UNCASVILLE, Conn. -- Erase for a minute everything you’re used to assuming about a North Carolina basketball team under coach Roy Williams.
The No. 24 Tar Heels are not that team.
This team can’t impose its pace and use the fast break to outrun teams. It can’t merely overpower an opponent on sheer talent. It will have to grind out wins much in the fashion of Saturday's 82-72 victory over Richmond in the Hall of Fame Tip-Off Tournament at the Mohegan Sun Arena.
North Carolina (3-1) trailed for much of the first half, and its lead didn’t reach double digits until 1:35 remained in the game.
Because P.J. Hairston and Leslie McDonald have yet to suit up for the Heels, every game could present something new. Williams agreed it’s probably the least conventional team he’s coached since arriving in Chapel Hill.
“By this time of the year most times, it’s fairly close to a set lineup,” Williams said.
Nothing is set this season.
Not the lineups.
Not even the playing style.
The Tar Heels were so unpredictable against the Spiders that sophomore Marcus Paige, who made a career-high six 3-pointers and set a career high with 26 points, even played point guard.
Paige is a point guard, but he’s had to play shooting guard with their current roster situation. When he moved back to point for a span against Richmond, forward J.P. Tokoto played shooting guard for the first time this season.
“I played more minutes at point guard in this game than I probably did all year so far,” Paige said. "That was a little different."

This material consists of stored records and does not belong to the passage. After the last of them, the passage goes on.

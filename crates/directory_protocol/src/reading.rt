//! The deeds that upgrade a head, read its text, and answer it.
ghost use Rattle.directory_law.specs.Cells.{area};
ghost use Rattle.directory_law.specs.Lessons.{AnswerReady, AnswerTells, ReadReady, ReadTells, UpgradeReady, UpgradeTells, answer_next, lead_next, read_next, upgrade_next};
ghost use Rattle.directory_law.proofs.Reading.{upgrade_keeps};
ghost use Rattle.directory_law.proofs.ReadingOn.{lead_keeps, read_keeps};
ghost use Rattle.directory_law.proofs.Answers.{answer_keeps};

use crate::law::DirectoryLaw;
use protocol_pairs::Deed;

/// An add to a head that was seen in a cell. Where it counts, the head is a live record, and its payload is read;
/// else its life is noted as ended.
#[derive(Clone, Copy, Drop)]
pub struct UpgradeHead {
    /// Whether the step counts an intern of the seat.
    pub intern: bool,
}

impl Deed<DirectoryLaw> for UpgradeHead {
    ghost ready = { λ it of. UpgradeReady it.intern };

    ghost next = { λ it of. upgrade_next it.intern };

    ghost allows = { λ it of. UpgradeTells (area of.first of.cells of.interns.items of.to) };

    ghost keeps = { λ it of.
        upgrade_keeps (area of.first of.cells of.interns.items of.to) it.intern };
}

/// A look at field 1 of the slot that was read last: what it holds is noted, and stays as long as that slot lives.
/// Where it is null, the whole text was read.
#[derive(Clone, Copy, Drop)]
pub struct LeadOn;

impl Deed<DirectoryLaw> for LeadOn {
    ghost ready = { λ it of. ReadReady };

    ghost next = { λ it of. lead_next };

    ghost allows = { λ it of. ReadTells };

    ghost keeps = { λ it of. lead_keeps (area of.first of.cells of.interns.items of.to) };
}

/// A look or a check of field 1 of the slot that was read last. The part that it held is read, if the seat then has
/// it; and it held what it was seen to hold. Where it is null, the whole text was read.
#[derive(Clone, Copy, Drop)]
pub struct ReadOn;

impl Deed<DirectoryLaw> for ReadOn {
    ghost ready = { λ it of. ReadReady };

    ghost next = { λ it of. read_next };

    ghost allows = { λ it of. ReadTells };

    ghost keeps = { λ it of. read_keeps (area of.first of.cells of.interns.items of.to) };
}

/// A calm step, at which the seat owns a head that it saw in a cell and whose whole text it read: it is the live
/// record of this text.
#[derive(Clone, Copy, Drop)]
pub struct AnswerHead {
    /// Whether the step counts an intern of the seat.
    pub intern: bool,
}

impl Deed<DirectoryLaw> for AnswerHead {
    ghost ready = { λ it of. AnswerReady it.intern };

    ghost next = { λ it of. answer_next it.intern };

    ghost allows = { λ it of. AnswerTells (area of.first of.cells of.interns.items of.to) };

    ghost keeps = { λ it of.
        answer_keeps (area of.first of.cells of.interns.items of.to) it.intern };
}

Williams generally avoids playing zone defense. But Spiders guard Cedrick Lindsay couldn’t be defended in man-to-man as he scored a career-high 29 points against the Heels.
Lindsay almost single-handedly forced the Heels to unveil a 1-2-2 zone for stretches throughout the game as he was successful driving the lane for baskets. After this game, zone isn’t likely to be a one-time occurrence for Carolina either.
“We have been working more on the zone with this team than any team I’ve ever had,” Williams said. “We gave up some straight drives to the basket, which the zone is supposed to stop that kind of stuff. We’ve got to get a lot better at it, but we’ll play it some more -- there’s no question.”
The game ventured into uncharted territory for senior guard Wade Moody, a walk-on who had played a total of 60 seconds through the first three games. He entered the game with four minutes left in the first half and played three minutes.
“Wade can shoot the ball,” Williams said. “I wanted to give him some time today. You never can tell; he may get more time later on.”
Forward Brice Johnson is making his case for more time -- whether it comes at center or power forward. He came off the bench to record career highs with 24 points and 12 rebounds, his first double-double.
In the past three games, Johnson has played center with James Michael McAdoo at power forward during the deciding stretches. It gives the Heels their best scoring options in the frontcourt while Kennedy Meeks and Joel James are still developing.
“I did it last year, so it’s whatever they need,” Johnson said. “I might now be able to guard the biggest guy, but I’ve added a little bit of weight and a little bit of strength so I can hold my own now.”
What the Tar Heels lack in flash, they make up with toughness. Williams said he wanted to see how they would bounce back from their first loss.
They showed their resilience from the free throw line after missing 26 free throws in the loss to Belmont. Carolina responded against Richmond by shooting 70 percent from the line. They showed it during the game after falling behind by nine in the first half but taking a 36-33 lead into halftime.
“With North Carolina basketball, you’ve got five guys on the court that are all capable of going off for big games,” McAdoo said. “I think that’s really what you just saw today -- them trying to take certain things away and other guys stepping up, which is huge, definitely, as the season goes on.”